“Tuhan…Biarkan Aku yang Pergi”
Malam yang sejuk mengiringi kerinduanku. Angin
malam turut membelai rambutku,menemaniku
yang tengah sendiri menatap indahnya bumi. Sebagai teman paling setia di
kesenderianku dalam ketidak adilan ini.
“ Tuhan…kapan semuanya akan berubah? ‘’
Tanyaku dalam pengharapan. Tiba-tiba pintu kamarku di ketuk cukup pelan.
“ Pasti Bik mimin” tebakku
“ iya sebentar ? “ sahutku sembari berjalan
dari serambi kamar
“ ma’af nun, waktunya makan malam,yang lain
sudah ngumpul di bawah” ucap Bik mimin saat pintu kamarku terbuka.
“ Oke bik, nisya juga udah lapar banget nich “
candaku padanya.
Bibik mimin adalah seorang yang merawatku
sejak lahir.

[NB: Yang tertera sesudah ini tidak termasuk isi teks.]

//! What passes know, for clauses alone. No value of these types is ever made.
use std::collections::LinkedList;

/// A call in the history: the number of the pass that made it, and the reply that it got.
pub struct Entry<C, R> {
    pub by: u32,
    pub call: C,
    pub reply: R,
}

/// A pass that was joined: its number, and its calls in order.
pub struct Ended<C, R> {
    pub number: u32,
    pub mine: LinkedList<Entry<C, R>>,
}

/// What a pass does between two steps.
pub enum Stage<T, C, R> {
    /// It was joined, and is no pass any more.
    Spent,
    /// Nothing.
    Idle,
    /// It has its turn, and took this value.
    Holds(T),
    /// It has taken in another pass. These are what the two had seen.
    Joining(LinkedList<Entry<C, R>>, LinkedList<Entry<C, R>>),
}

/// What a pass knows.
pub struct PassView<T, C, R> {
    pub number: u32,
    /// The value that the turn was made with; none in a spent view.
    pub opening: Option<T>,
    /// The beginning of the history that the pass knows.
    pub seen: LinkedList<Entry<C, R>>,
    /// The pass's own calls, in order.
    pub mine: LinkedList<Entry<C, R>>,
    /// Of pass 0: the passes that were joined into it, and how many numbers were drawn.
    pub ended: LinkedList<Ended<C, R>>,
    pub drawn: u32,
    pub stage: Stage<T, C, R>,
}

Bagiku, ia sudah seperti ibu kandungku sendiri, hanya Bik mimin
yang peduli padaku.di saat aku sakit, hanya ia yang selalu menyiapkan obat,
hanya dia yng selalu tahu betapa sedihya aku di saat nilai rapotku jauh dari
nilai kak nasha, hanya ia yang tahu betapa aku ingin seprti kak nasha, saudara
kembarku.
“ wah…ada ayam goring nich hemm mak yuus”
“dasar ga’ sopan….” Sindir ayah padaku.
“ makanya, jangan nerocos aja donx jadi cwek”
kata kakakku rasha.
“ nisha, sopan sedikitkan ada ayah sama bunda”
tambah kak nasha.
“iya, betul tuh kata nasha , contoh dia”
tambah bunda lagi.
“ Oke, aku pergi silahkan makan ! “ ucapku
sinis
Akupun bergegas naik menuju kamarku tanpa
menyentuh sedikitpun makanan disana. Padahal sebenarnya maghku kambuh dan
rasanya sangatlah perih. Tapi lebih perih lagi di saat aku tak parnah
mendaptkan kasih sayang dari semua orang yang aku sayangi.
Waktu seakan berjalan dengan sungguh cepat.
Kini saatnya pembagian hasil belajar siswa.kebetulan, aku dan kak nasha berbeda
kelas dan sekolah. Kalau aku masih kelas satu SMA,sedangkan ia sudah dikelas
dua SMA.semua terjadi karena aku pernah tak naik kelas sewatu di sekolah dasar.
Kalau kak Nasha sengaja ayah sekolahkan terfavorit di Jakarta. Sedangkan, aku
bersekolah di SMA SWASTA biasa. Karna nilaiku tak sehebat kak Rasya dan kak
Nasha.
“Yah…ambilin Raport nasha ya??” pintaku.
“ayah sudah janji akan ngambilin raport nasha,
kalian kan beda sekolah”
“bunda…ambilin raport nisha ya”
“bunda, sudah janji sama nasha ngambilin
raportnya, dia kan sedah kelas tiga jadi harus diwakilin”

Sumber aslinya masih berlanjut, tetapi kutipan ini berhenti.